> **TASK TO COMPLETE**:
Among the entries below, please repeat exactly and only the lines from the line containing "let [len, ..]" to the line containing "match decode(&bytes, &mut", both lines included.

(Collected data entries)
"""

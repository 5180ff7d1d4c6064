//! The strings of messages' bodies.
use crate::messages::is_whole;
use dbus_header::{Message, Places, decode};
use std::alloc::{AllocError, Global};
use std::test::Fail;
use test_tables::{plain, wrong_row};

/// The byte order, the signature, with `-` for none, and the body of a return; and its first text, its first two texts,
/// and the one text, the three texts and the list of texts that are the whole body.
const BODIES: &str = "\
l s %03~~~abc~ => Some(\"abc\") None Some(\"abc\") None None
B s ~~~%03abc~ => Some(\"abc\") None Some(\"abc\") None None
l s ~~~~~ => Some(\"\") None Some(\"\") None None
l s %02~~~%C3%A9~ => Some(\"é\") None Some(\"é\") None None
l ss %01~~~a~~~%01~~~b~ => Some(\"a\") Some((\"a\", \"b\")) None None None
B ss ~~~%01a~~~~~~%01b~ => Some(\"a\") Some((\"a\", \"b\")) None None None
l ss %03~~~abc~%02~~~%C3%A9~ => Some(\"abc\") Some((\"abc\", \"é\")) None None None
B ss ~~~%03abc~~~~%02%C3%A9~ => Some(\"abc\") Some((\"abc\", \"é\")) None None None
l ss ~~~~~~~~~~~~~ => Some(\"\") Some((\"\", \"\")) None None None
l ssv %01~~~a~~~%01~~~b~%01u~~~~%07~~~ => Some(\"a\") Some((\"a\", \"b\")) None None None
B ssv ~~~%01a~~~~~~%01b~%01u~~~~~~~%07 => Some(\"a\") Some((\"a\", \"b\")) None None None
l sss %01~~~a~~~%01~~~b~~~%02~~~cd~ => Some(\"a\") Some((\"a\", \"b\")) None Some((\"a\", \"b\", \"cd\")) None
B sss ~~~%01a~~~~~~%01b~~~~~~%02cd~ => Some(\"a\") Some((\"a\", \"b\")) None Some((\"a\", \"b\", \"cd\")) None
l sss ~~~~~~~~~~~~~~~~~~~~~ => Some(\"\") Some((\"\", \"\")) None Some((\"\", \"\", \"\")) None
l ssss %01~~~a~~~%01~~~b~~~%01~~~c~~~%01~~~d~ => Some(\"a\") Some((\"a\", \"b\")) None None None
l su %01~~~a~~~%07~~~ => Some(\"a\") None None None None
B su ~~~%01a~~~~~~%07 => Some(\"a\") None None None None
l us %07~~~%01~~~a~ => None None None None None
B us ~~~%07~~~%01a~ => None None None None None
l ssu %01~~~a~~~%01~~~b~~~%07~~~ => Some(\"a\") Some((\"a\", \"b\")) None None None
l sus %01~~~a~~~%07~~~%01~~~b~ => Some(\"a\") None None None None
l so %01~~~a~~~%02~~~/p~ => Some(\"a\") None None None None
l os %02~~~/p~~%01~~~a~ => None None None None None
l as %0F~~~%01~~~a~~~%02~~~bc~ => None None None None Some([\"a\", \"bc\"])
B as ~~~%0F~~~%01a~~~~~~%02bc~ => None None None None Some([\"a\", \"bc\"])
l as ~~~~ => None None None None Some([])
B as ~~~~ => None None None None Some([])
l asas ~~~~~~~~ => None None None None None
l sas %01~~~a~~~~~~~ => Some(\"a\") None None None None
l ao ~~~~ => None None None None None
l o %02~~~/p~ => None None None None None
l g %01s~ => None None None None None
l v %01s~~%01~~~a~ => None None None None None
l vs %01u~~%07~~~%01~~~a~ => None None None None None
l (s) %01~~~a~ => None None None None None
l (ss) %01~~~a~~~%01~~~b~ => None None None None None
l s(s) %01~~~a~~~%01~~~b~ => Some(\"a\") None None None None
l - => None None None None None
B - => None None None None None
";

/// A number as four bytes in an order.
fn number(order: &str, value: usize) -> [u8; 4] {
    let [a, b, c, d, ..] = value.to_le_bytes();
    if order == "B" {
        [d, c, b, a]
    } else {
        [a, b, c, d]
    }
}

/// The answer to serial 2, with serial 9.
fn message(alloc: Global, row: &str) -> Result<Vec<u8>, AllocError> {
    let (order, rest) = row.split_once(' ').unwrap_or((row, ""));
    let (signature, body) = rest.split_once(' ').unwrap_or((rest, ""));
    let body = plain(alloc, body)?;
    let fields = header_fields(alloc, order, signature)?;
    let mut bytes = Vec::from_slice(alloc, order.as_bytes())?;
    bytes.extend_from_slice(&[2, 1, 1])?;
    bytes.extend_from_slice(&number(order, body.len()))?;
    bytes.extend_from_slice(&number(order, 9))?;
    bytes.extend_from_slice(&number(order, fields.len()))?;
    bytes.extend_from_slice(&fields)?;
    pad(&mut bytes)?;
    bytes.extend_from_slice(&body)?;
    Ok(bytes)
}

fn header_fields(alloc: Global, order: &str, signature: &str) -> Result<Vec<u8>, AllocError> {
    let mut fields = Vec::from_slice(alloc, &[5, 1, b'u', 0])?;
    fields.extend_from_slice(&number(order, 2))?;
    if signature != "-" {
        let [len, ..] = signature.len().to_le_bytes();
        fields.extend_from_slice(&[8, 1, b'g', 0, len])?;
        fields.extend_from_slice(signature.as_bytes())?;
        fields.push(0)?;
    }
    Ok(fields)
}

/// Adds zeros up to a multiple of eight bytes.
fn pad(bytes: &mut Vec<u8>) -> Result<(), AllocError> {
    let over = bytes.len() % 8;
    if over == 0 {
        return Ok(());
    }
    bytes.extend_from_slice(&[0; 8][over..])
}

fn told_bodies(alloc: Global, row: &str) -> Result<String, AllocError> {
    let bytes = message(alloc, row)?;
    if !is_whole(&bytes) {
        return String::from_str(alloc, "cut");
    }
    let mut places = Places::none();
    match decode(&bytes, &mut places) {
        Ok(message) => told_texts(alloc, &message),
        Err(_) => String::from_str(alloc, "malformed"),
    }
}

fn told_texts(alloc: Global, message: &Message<'_>) -> Result<String, AllocError> {
    let first = message.first_text();
    let two = message.two_texts();
    let only = message.only_text();
    let three = message.three_texts();
    let list = told_list(alloc, message)?;
    format!(in alloc; "{first:?} {two:?} {only:?} {three:?} {list}")
}

fn told_list(alloc: Global, message: &Message<'_>) -> Result<String, AllocError> {
    let Some(texts) = message.text_list() else {
        return String::from_str(alloc, "None");
    };
    let mut listed = Vec::new(alloc);
    for text in texts {
        listed.push(text)?;
    }
    format!(in alloc; "Some({:?})", listed.as_slice())
}

#[test]
fn the_texts_of_a_body_are_told_by_its_signature(rt: HostRuntime) -> Result<(), Fail> {
    assert_eq!(rt; wrong_row(rt.alloc(), BODIES, &told_bodies)?, None);
    Ok(())
}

"""

> **EXERCISE RESULT**:
        let [len, ..] = signature.len().to_le_bytes();
        fields.extend_from_slice(&[8, 1, b'g', 0, len])?;
        fields.extend_from_slice(signature.as_bytes())?;
        fields.push(0)?;
    }
    Ok(fields)
}

/// Adds zeros up to a multiple of eight bytes.
fn pad(bytes: &mut Vec<u8>) -> Result<(), AllocError> {
    let over = bytes.len() % 8;
    if over == 0 {
        return Ok(());
    }
    bytes.extend_from_slice(&[0; 8][over..])
}

fn told_bodies(alloc: Global, row: &str) -> Result<String, AllocError> {
    let bytes = message(alloc, row)?;
    if !is_whole(&bytes) {
        return String::from_str(alloc, "cut");
    }
    let mut places = Places::none();
    match decode(&bytes, &mut places) {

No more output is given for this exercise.